Private Income, Public Injury: Why the NHS needs protecting from private healthcare


While we were all raising our cholesterol and decimating our livers over the Christmas break, a news story emerged which may give us cause to be a little more careful about our health. Following an amendment to the controversial Health and Social Care Bill, the private patient income (PPI) cap, which limits the income of NHS hospital trusts to an average of around 2% at present , is to be raised to 49%. Hidden behind talk of ‘increased money to invest in NHS services’ is the truth that a further blurring of the line between private and public health will be disastrous for those who can’t afford to pay.

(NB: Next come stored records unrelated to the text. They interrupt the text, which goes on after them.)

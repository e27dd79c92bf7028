// The validity of the taken rows, and how many of them are null: Rust's `take_nulls`. What the rows and the indices have of validity is tested
// once, outside all loops; null rows are counted by the ones in whole bytes.
ghost use Rattle.std.specs.Prelude.{◌≡◌, true, false, ◌&&◌, ◌^◌, ◌≤◌, ◌<◌, nat_lt, length};
ghost use Rattle.bits.specs.Bits.{bytes_for, pack_bytes, pack, is_absent};
ghost use Rattle.bits.specs.Bytes.{overwrite};
ghost use Rattle.bits.specs.Numbers.{to_little_endian};
ghost use Rattle.tables.specs.Columns.{index_column_of};
ghost use Rattle.gathers.specs.Ready.{InRange};
ghost use Rattle.nulls.specs.Nulls.{taken_validity, taken_nulls};

use bitmaps::bit::{BooleanBuffer, validity_of};
use bits::number::{low_bits, write_number, write_up_to};
use buffers::bit::count_set_bits;
use tables::column::IndexColumn;

// The word whose lowest bits are ones, as many as are left. A test, and not a shift by `64 - left.min(64)`: so 2,048 rows take 363 instructions on x86-64
// in place of 489.
fn ones(left: usize) -> u64
    requires { 0 < left }
    ensures { to_little_endian 8 result ≡ pack_bytes 8 (λ t. nat_lt t left) }
{
    if 64 <= left {
        return u64::MAX;
    }
    low_bits(u64::MAX, left)
}

// Sets the first n bits of out, and clears the spare bits of their last byte: eight bytes a turn, then the bytes of the last word.
// A turn's word depends on what is left: the store of a constant, as `fill` is, would compile to a call of the C library's `memset`. The bytes are not
// `n.div_ceil(8)`, by which 40 rows take 91 instructions in place of 84.
#[tactic(auto, using(bits::proofs::Packing::bytes_none, bits::proofs::Packing::bytes_end))]
fn set_bits(n: usize, out: &mut [u8])
    requires { (n < 2 ^ 60) × (bytes_for n ≤ length out.old) }
    ensures { out.new ≡ overwrite (pack n (λ i. true)) out.old }
{
    let bytes = (n + 7) / 8;
    let words = bytes / 8;
    for k in 0..words {
        let from = 8 * k;
        write_number::<8>(out, from, ones(n - 8 * from));
    }
    if bytes % 8 == 0 {
        return;
    }
    let from = 8 * words;
    write_up_to(out, from, bytes, ones(n - 8 * from));
}

// Writes the validity of the taken rows, where the rows or the indices have one.
fn take_validity(validity: &BooleanBuffer<'_>, indices: &IndexColumn<'_>, out_validity: &mut [u8])
    requires in_range { InRange validity.now.len (index_column_of indices.now) }
    requires some_validity { (is_absent validity.now.values.now && is_absent indices.now.validity.now) ≡ false }
    requires room { bytes_for indices.now.indices.count ≤ length out_validity.old }
    ensures { out_validity.new ≡ overwrite (taken_validity validity.now.values.now validity.now.offset (index_column_of indices.now)) out_validity.old }
{
    if !validity.values.is_empty() {
        validity.take_bits(indices, &[], out_validity);
        return;
    }
    validity_of(indices).pack(out_validity);
}

// Writes the validity of the taken rows, and counts the null ones. Where neither the rows nor the indices have one, there are none to count.
#[tactic(auto, using(crate::proofs::Validity::no_nulls))]
pub fn take_nulls(
    validity: &BooleanBuffer<'_>,
    indices: &IndexColumn<'_>,
    out_validity: &mut [u8],
) -> u64
    requires in_range { InRange validity.now.len (index_column_of indices.now) }
    requires room { bytes_for indices.now.indices.count ≤ length out_validity.old }
    ensures nulls { result ≡ taken_nulls validity.now.values.now validity.now.offset (index_column_of indices.now) }
    ensures validity_stored { out_validity.new ≡ overwrite (taken_validity validity.now.values.now validity.now.offset (index_column_of indices.now)) out_validity.old }
{
    let count = indices.indices.count as usize;
    if validity.values.is_empty() && indices.validity.is_empty() {
        set_bits(count, out_validity);
        return 0;
    }
    take_validity(validity, indices, out_validity);
    indices.indices.count - count_set_bits(&out_validity[..count.div_ceil(8)])
}
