ghost use Rattle.std.specs.Prelude.{◌≡◌};
ghost use Rattle.hip_num.specs.Comparisons.{holds};

use crate::sign::signed_value;
use hip_types::{Bits, Pred};

/// Whether a comparison holds of two integers of the same width.
pub fn compare(pred: Pred, a: Bits, b: Bits) -> bool
    requires { a.width ≡ b.width }
    ensures { result ≡ holds pred a.width a.value b.value }
{
    match pred {
        Pred::Eq => a.value == b.value,
        Pred::Ne => a.value != b.value,
        Pred::Ugt => a.value > b.value,
        Pred::Uge => a.value >= b.value,
        Pred::Ult => a.value < b.value,
        Pred::Ule => a.value <= b.value,
        Pred::Sgt => signed_value(a) > signed_value(b),
        Pred::Sge => signed_value(a) >= signed_value(b),
        Pred::Slt => signed_value(a) < signed_value(b),
        Pred::Sle => signed_value(a) <= signed_value(b),
    }
}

The current PPI cap is there to ensure that NHS hospitals concentrate first and foremost on providing prompt and effective treatment for NHS patients.  Given the real-terms spending cuts hitting hospitals at the minute, pressure to increase revenue in any way possible is only going to mount, and the protection afforded by 2% cap will be lost. Replacing the safeguard will be a concentration on income maximisation, inevitably achieved by prioritising the needs of private patients, who offer most income potential. The lamentable result will be a two-tier system in which those who rely on public provision face a reduced standard of care in comparison to those lucky enough to have insurance, or an income which allows them to pay for their treatment outright. If there is no disparity between the quality of care received in NHS hospitals by private and public patients, then there is no incentive for private patients to keep paying. Therefore, in order to keep the income coming in, NHS hospitals will need to privilege private patients, allowing them to queue-jump, or prioritising their needs over those of public patients.

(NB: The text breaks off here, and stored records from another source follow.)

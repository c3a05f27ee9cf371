ghost use Rattle.std.specs.Prelude.{◌≡◌, ◌≤◌, ◌<◌, length, take, drop, decimal, false};
ghost use Rattle.std.specs.Fmt.{digits, digit_glyph, signed_decimal};
ghost use Rattle.hip_num.specs.Texts.{hexadecimal};

use itoa::Buffer;

/// Writes a text at the start of the buffer, and answers its length.
fn put(buf: &mut [u8; 40], text: &[u8]) -> usize
    requires { length text.now ≤ 40 }
    ensures text { take result buf.new ≡ text.now }
    ensures length { result ≤ 40 }
{
    let len = text.len();
    buf[..len].copy_from_slice(text);
    len
}

/// Writes the decimal text of a number, and answers its length.
pub fn decimal_into(buf: &mut [u8; 40], v: i64) -> usize
    ensures text { take result buf.new ≡ signed_decimal v }
    ensures length { result ≤ 40 }
{
    put(buf, Buffer::new().format(v).as_bytes())
}

/// Writes the decimal text of a natural number, and answers its length.
pub fn natural_into(buf: &mut [u8; 40], v: u128) -> usize
    ensures text { take result buf.new ≡ decimal v }
    ensures length { result ≤ 40 }
{
    let mut digits = Buffer::new();
    put(buf, digits.format(v).as_bytes())
}

/// Writes `0x` and the least number of hexadecimal digits in lower case, and answers the length.
pub fn hex_into(buf: &mut [u8; 40], v: u64) -> usize
    ensures text { take result buf.new ≡ hexadecimal v }
    ensures length { result ≤ 40 }
{
    let mut digits = [0u8; 16];
    let start = hex_digits(&mut digits, v);
    let text = &digits[start..];
    let end = 2 + text.len();
    buf[0] = b'0';
    buf[1] = b'x';
    buf[2..end].copy_from_slice(text);
    end
}

/// Writes the digits of a number to base 16 at the end of `text`, and answers where they begin.
fn hex_digits(text: &mut [u8; 16], v: u64) -> usize
    ensures text { drop result text.new ≡ digits 16 false v }
    ensures start { result < 16 }
{
    let mut at: usize = 15;
    let mut rest = v;
    while rest >= 16 {
        text[at] = hex_digit(rest % 16);
        rest /= 16;
        at -= 1;
    }
    text[at] = hex_digit(rest);
    at
}

fn hex_digit(value: u64) -> u8
    requires { value < 16 }
    ensures { result ≡ digit_glyph false value }
{
    if value < 10 {
        b'0' + value as u8
    } else {
        b'a' + (value - 10) as u8
    }
}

Admittedly, any system incorporating a private element inevitably lends itself to a situation in which those who pay for their care are able to buy themselves some sort of advantage. However, this situation is something that the NHS should seek to counter, not cement. The government’s aim should be closing the gap in quality between private and public healthcare, not helping this division to infiltrate our hospitals.

We’re told that the income generated by increased provision to private patients will be chanelled back into improving NHS services, but the danger is that a truly efficient ‘business model’ would put money back into ensuring continued revenue streams, i.e. into improving the appeal of the NHS to private providers. Thus we enter a vicious circle – money made from private patients is plugged back into improving services and facilities in hospitals used by private patients. As such, said private patients rate this hospitals higher, providing further ‘evidence’ and incentive to keep increasing the proportion of private patients. Any perceived success will be largely illusory, because private healthcare companies are well-known to cherry pick more straightforward procedures with higher chance of ‘success’. The impact, however, will be very real – those hospitals which are able to maximise their private revenue will do so at the expense of their NHS patients, while other hospitals in areas which have less ready access to private income streams (in short, anywhere beyond the South East) will be left to helplessly struggle on with their ‘efficiency savings’.

At a time when the gap between rich and poor is getting ever more apparent, we shouldn’t be causing more divisions within our health system. It would be wrong to say that the NHS shouldn’t be changed at all, but whilst we may not be able to treat the NHS as a wholly sacred cow, we must stop healthcare from becoming a cattle market.